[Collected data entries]
********
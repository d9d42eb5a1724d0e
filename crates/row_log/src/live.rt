// The cells that live rows have in each column, where they stand in the columns' dictionaries.
ghost use Rattle.std.specs.Prelude.{◌≡◌, ◌≢◌, ◌<◌, ◌∷◌, [], true, false, None, IfSome, slice_index_or};
ghost use Rattle.rel_base.specs.Cells.{Cell};
ghost use Rattle.rel_base.specs.Inclusion.{all_columns, included};
ghost use Rattle.rel_base.specs.RowState.{width};
ghost use Rattle.row_log.specs.Live.{HasMarked, IsLacking};

use crate::row_log::RowLog;
use column_dict::{Dict, Text};
use std::marker::Model;

/// A column's dictionary, and for each of its codes whether a flagged row has it.
#[derive(Drop)]
pub struct MarkedCells<'a> {
    pub dict: &'a Dict,
    pub used: Vec<bool>,
}

impl<'a> Model for MarkedCells<'a> {
    ghost use Rattle.std.specs.Prelude.{◌≡◌, length};
    ghost use Rattle.row_log.specs.Marked.{Marked};

    ghost Value = { Marked };

    ghost view = { λ m. record { coding = m.dict.now; used = m.used.items } };

    ghost invariant = { λ m. length m.used.items ≡ length m.dict.now.cells };
}

impl<'a> MarkedCells<'a> {
    /// A marked code whose cell is not NULL and has no marked code among the others. The hinted code is tried first.
    pub fn lacking(&self, others: &MarkedCells, hint: u32) -> Option<u32>
        ensures some { IfSome result (λ code. IsLacking self.now others.now code) }
        ensures none { result ≡ None → (a : Cell) → a ≢ [] → HasMarked self.now a → HasMarked others.now a }
    {
        if self.is_lacking(hint, others) {
            return Some(hint);
        }
        for code in 0..self.dict.len() {
            if self.is_lacking(code, others) {
                return Some(code);
            }
        }
        None
    }

    // Whether the code is marked, and its cell is not NULL and has no marked code among the others.
    fn is_lacking(&self, code: u32, others: &MarkedCells) -> bool
        ensures yes { result ≡ true → IsLacking self.now others.now code }
        ensures no { result ≡ false → slice_index_or self.now.used code false ≡ true → slice_index_or self.now.coding.cells code [] ≢ []
            → HasMarked others.now (slice_index_or self.now.coding.cells code []) }
    {
        if !self.is_marked(code) {
            return false;
        }
        let cell = self.dict.cell(code);
        !cell.is_null() && !others.has(cell)
    }

    // Whether the code is marked, which no number beyond the codes is.
    fn is_marked(&self, code: u32) -> bool
        ensures { result ≡ slice_index_or self.now.used code false }
    {
        let code = code as usize;
        code < self.used.len() && self.used[code]
    }

    // Whether a cell has a marked code. Of NULL it may say no where there are some.
    fn has(&self, cell: &Text) -> bool
        ensures yes { result ≡ true → HasMarked self.now cell.now }
        ensures no { result ≡ false → cell.now ≢ [] → HasMarked self.now cell.now → ⊥ }
    {
        match self.dict.find(cell) {
            Some(code) => self.is_marked(code),
            None => false,
        }
    }
}

/// The cells that live rows have in each column, to tell which columns are included in which.
///
/// Contracts see the rows that it was made of. It lends their dictionaries, and has a byte for each distinct cell of a column.
#[derive(Drop)]
pub struct LiveCells<'a> {
    pub(crate) rows: &'a RowLog,
    pub(crate) columns: Vec<MarkedCells<'a>>,
}

impl<'a> Model for LiveCells<'a> {
    ghost use Rattle.rel_base.specs.RowState.{RowState};
    ghost use Rattle.row_log.specs.Live.{AreLiveColumns};

    ghost Value = { RowState };

    ghost view = { λ l. l.rows.now };

    ghost invariant = { λ l. AreLiveColumns l.rows.now l.columns.items };
}

impl<'a> LiveCells<'a> {
    /// Where a column is not included in another, the code of a cell by which it is not, and else none.
    ///
    /// The cell is one that a live row has in the dependent column, is not NULL, and no live row has it in the referenced column. The
    /// code serves as the hint of a later call, on the same rows or on later ones: it is tried before all others, and any number may be
    /// given. Where the hint is right the call takes one look-up in a dictionary, and else a step for each code of the dependent column,
    /// and a look-up for each of its live cells, up to the first that is lacking. It takes no memory.
    pub fn lacking(&self, dependent: u8, referenced: u8, hint: u32) -> Option<u32>
        requires dependent { dependent < width self.now }
        requires referenced { referenced < width self.now }
        requires apart { dependent ≢ referenced }
        ensures some { IfSome result (λ code. included (all_columns (self.now ∷ [])) dependent referenced ≡ false) }
        ensures none { result ≡ None → included (all_columns (self.now ∷ [])) dependent referenced ≡ true }
    {
        self.columns[dependent as usize].lacking(&self.columns[referenced as usize], hint)
    }
}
********
Your reply should contain each entry, copied without alteration.

repository d9d42eb5a1724d0e
filename crates/row_log/src/live.rt
// The cells that live rows have in each column, where they stand in the columns' dictionaries.
ghost use Rattle.std.specs.Prelude.{◌≡◌, ◌≢◌, ◌<◌, ◌∷◌, [], true, false, None, IfSome, slice_index_or};
ghost use Rattle.rel_base.specs.Cells.{Cell};
ghost use Rattle.rel_base.specs.Inclusion.{all_columns, included};
ghost use Rattle.rel_base.specs.RowState.{width};
ghost use Rattle.row_log.specs.Live.{HasMarked, IsLacking};

use crate::row_log::RowLog;
use column_dict::{Dict, Text};
use std::marker::Model;

/// A column's dictionary, and for each of its codes whether a flagged row has it.
#[derive(Drop)]
pub struct MarkedCells<'a> {
    pub dict: &'a Dict,
    pub used: Vec<bool>,
}

impl<'a> Model for MarkedCells<'a> {
    ghost use Rattle.std.specs.Prelude.{◌≡◌, length};
    ghost use Rattle.row_log.specs.Marked.{Marked};

    ghost Value = { Marked };

    ghost view = { λ m. record { coding = m.dict.now; used = m.used.items } };

    ghost invariant = { λ m. length m.used.items ≡ length m.dict.now.cells };
}

impl<'a> MarkedCells<'a> {
    /// A marked code whose cell is not NULL and has no marked code among the others. The hinted code is tried first.
    pub fn lacking(&self, others: &MarkedCells, hint: u32) -> Option<u32>
        ensures some { IfSome result (λ code. IsLacking self.now others.now code) }
        ensures none { result ≡ None → (a : Cell) → a ≢ [] → HasMarked self.now a → HasMarked others.now a }
    {
        if self.is_lacking(hint, others) {
            return Some(hint);
        }
        for code in 0..self.dict.len() {
            if self.is_lacking(code, others) {
                return Some(code);
            }
        }
        None
    }

    // Whether the code is marked, and its cell is not NULL and has no marked code among the others.
    fn is_lacking(&self, code: u32, others: &MarkedCells) -> bool
        ensures yes { result ≡ true → IsLacking self.now others.now code }
        ensures no { result ≡ false → slice_index_or self.now.used code false ≡ true → slice_index_or self.now.coding.cells code [] ≢ []
            → HasMarked others.now (slice_index_or self.now.coding.cells code []) }
    {
        if !self.is_marked(code) {
            return false;
        }
        let cell = self.dict.cell(code);
        !cell.is_null() && !others.has(cell)
    }

    // Whether the code is marked, which no number beyond the codes is.
    fn is_marked(&self, code: u32) -> bool
        ensures { result ≡ slice_index_or self.now.used code false }
    {
        let code = code as usize;
        code < self.used.len() && self.used[code]
    }

    // Whether a cell has a marked code. Of NULL it may say no where there are some.
    fn has(&self, cell: &Text) -> bool
        ensures yes { result ≡ true → HasMarked self.now cell.now }
        ensures no { result ≡ false → cell.now ≢ [] → HasMarked self.now cell.now → ⊥ }
    {
        match self.dict.find(cell) {
            Some(code) => self.is_marked(code),
            None => false,
        }
    }
}

/// The cells that live rows have in each column, to tell which columns are included in which.
///
/// Contracts see the rows that it was made of. It lends their dictionaries, and has a byte for each distinct cell of a column.
#[derive(Drop)]
pub struct LiveCells<'a> {
    pub(crate) rows: &'a RowLog,
    pub(crate) columns: Vec<MarkedCells<'a>>,
}

impl<'a> Model for LiveCells<'a> {
    ghost use Rattle.rel_base.specs.RowState.{RowState};
    ghost use Rattle.row_log.specs.Live.{AreLiveColumns};

    ghost Value = { RowState };

    ghost view = { λ l. l.rows.now };

    ghost invariant = { λ l. AreLiveColumns l.rows.now l.columns.items };
}

impl<'a> LiveCells<'a> {
    /// Where a column is not included in another, the code of a cell by which it is not, and else none.
    ///
    /// The cell is one that a live row has in the dependent column, is not NULL, and no live row has it in the referenced column. The
    /// code serves as the hint of a later call, on the same rows or on later ones: it is tried before all others, and any number may be
    /// given. Where the hint is right the call takes one look-up in a dictionary, and else a step for each code of the dependent column,
    /// and a look-up for each of its live cells, up to the first that is lacking. It takes no memory.
    pub fn lacking(&self, dependent: u8, referenced: u8, hint: u32) -> Option<u32>
        requires dependent { dependent < width self.now }
        requires referenced { referenced < width self.now }
        requires apart { dependent ≢ referenced }
        ensures some { IfSome result (λ code. included (all_columns (self.now ∷ [])) dependent referenced ≡ false) }
        ensures none { result ≡ None → included (all_columns (self.now ∷ [])) dependent referenced ≡ true }
    {
        self.columns[dependent as usize].lacking(&self.columns[referenced as usize], hint)
    }
}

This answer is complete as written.